SarkOne is a genus-specific satellite-DNA family, isolated from the genomes of the species of the genus Sarcocapnos. This satellite DNA is composed of repeats with a consensus length of 855 bp and a mean G+C content of 52.5%. We have sequenced a total of 189 SarkOne monomeric repeats belonging to a total of seven species of the genus Sarcocapnos. The comparative analysis of these sequences both at the intraspecific and the interspecific levels have revealed divergence patterns between species are proportional to between-species divergence according to the phylogeny of the genus. Our study demonstrates that the molecular drive leading to the concerted-evolution pattern of this satellite DNA is a time-dependent process by which new mutations are spreading through genomes and populations at a gradual pace. However, time is a limiting factor in the observation of concerted evolution in some pairwise comparisons. Thus, pairwise comparisons of species sharing a recent common ancestor did not reveal nucleotide sites in transitional stages higher than stage III according to the Strachan's model. By contrast, there was a gradation in the percentage of upper transition stages (IV, V, VI) the more phylogenetically distant the species were. In addition, closely related species shared a high number of polymorphic sites, but these types of sites were not common when comparing more distant species. All these data are discussed in the light of current life-cycle models of satellite-DNA evolution.

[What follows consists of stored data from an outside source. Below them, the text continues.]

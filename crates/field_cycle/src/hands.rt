//! What is to be handed over to the controller of a device.

ghost use Rattle.std.specs.Prelude.{◌≡◌, None};

use field_map::Device;
use il_model::Cells;
use modbus_wire::Request;

/// Requests to the controller, in this order.
#[derive(Drop)]
pub struct Hands {
    pub first: Option<Request>,
    pub second: Option<Request>,
}

impl Hands {
    ghost use Rattle.field_cycle.specs.Stations.{nothing, is_nothing, answered, losing, ending, left, next_of};

    /// Nothing.
    pub fn none() -> Hands
        ensures { result ≡ nothing }
    {
        Hands {
            first: None,
            second: None,
        }
    }

    /// Puts the inputs of a device that were gathered in place of those that wait, and behind them that it answers, if
    /// that is to be told; else what waits there stays.
    pub fn answer(&mut self, device: &Device, gathered: &Cells, tells: bool)
        ensures { self.new ≡ answered self.old device.now gathered.now tells }
    {
        self.first = device.hand_inputs(Some(gathered));
        if tells {
            self.second = device.hand_alive(true);
        }
    }

    /// That a device is lost, and then its inputs by their fallback.
    pub fn losing(device: &Device) -> Hands
        ensures { result ≡ losing device.now }
    {
        Hands {
            first: device.hand_alive(false),
            second: device.hand_inputs(None),
        }
    }

    /// That nobody asks a device any more, and then that its inputs are FALSE and 0.
    pub fn ending(device: &Device) -> Hands
        ensures { result ≡ ending device.now }
    {
        Hands {
            first: device.hand_alive(false),
            second: device.hand_inputs(Some(&Cells::clear())),
        }
    }

    /// The next of them, which they have no more.
    pub fn take(&mut self) -> Option<Request>
        ensures next { result ≡ next_of self.old }
        ensures left { self.new ≡ left self.old }
    {
        match self.first.take() {
            Some(request) => Some(request),
            None => self.second.take(),
        }
    }

    /// Whether there is nothing.
    pub fn is_empty(&self) -> bool
        ensures { result ≡ is_nothing self.now }
    {
        self.first.is_none() && self.second.is_none()
    }
}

Phylogeny of the tribe Fumarieae (Papaveraceae s.l.) based on chloroplast and nuclear DNA sequences: evolutionary and biogeographic implications.

PREMISE OF THE STUDY: Little research has been done at the molecular level on the tribe Fumarieae (Papaveraceae). Papaveraceae is a model plant group for studying evolutionary patterns despite the lack of a reference phylogeny for this tribe. We investigated the phylogenetic relationships within the tribe to complete the molecular data for this family in order to help understand its character evolution and biogeographic pattern. METHODS: We used maximum-parsimony and Bayesian approaches to analyze five DNA regions for 25 species representing 10 of the 11 Fumarieae genera and five outgroups. Evolutionary pathways of four characters (habit, life span, type of fruit, and number of seeds per fruit) were inferred on the phylogeny using parsimony. The ancestral distribution areas were reconstructed using dispersal-vicariance analysis. KEY RESULTS: Fumarieae is monophyletic and includes three groups that agree with the morphology-based subtribes: Discocapninae, Fumariinae, and Sarcocapninae. Within subtribes, the relationships among genera were different from those obtained with morphological data. Annual life span, nonchasmophytic habit, and a several-seeded capsule were the basal character states for the tribe. The ancestor occupied a continuous area between West Eurasia and Africa. Vicariances explain the divergence between lineages Discocapninae (South Africa) and Fumariinae-Sarcocapninae (Mediterranean), and the disjunction of Fumariinae (Mediterranean-Central Asia). CONCLUSIONS: Molecular phylogeny confirms the subtribal classification of Fumarieae based on morphology. However it provides different results regarding the relationships among genera within each subtribe, which affects the inference of the evolutionary pathway followed by the four selected characters. The disjunct distribution of the tribe is explained by different vicariance scenarios.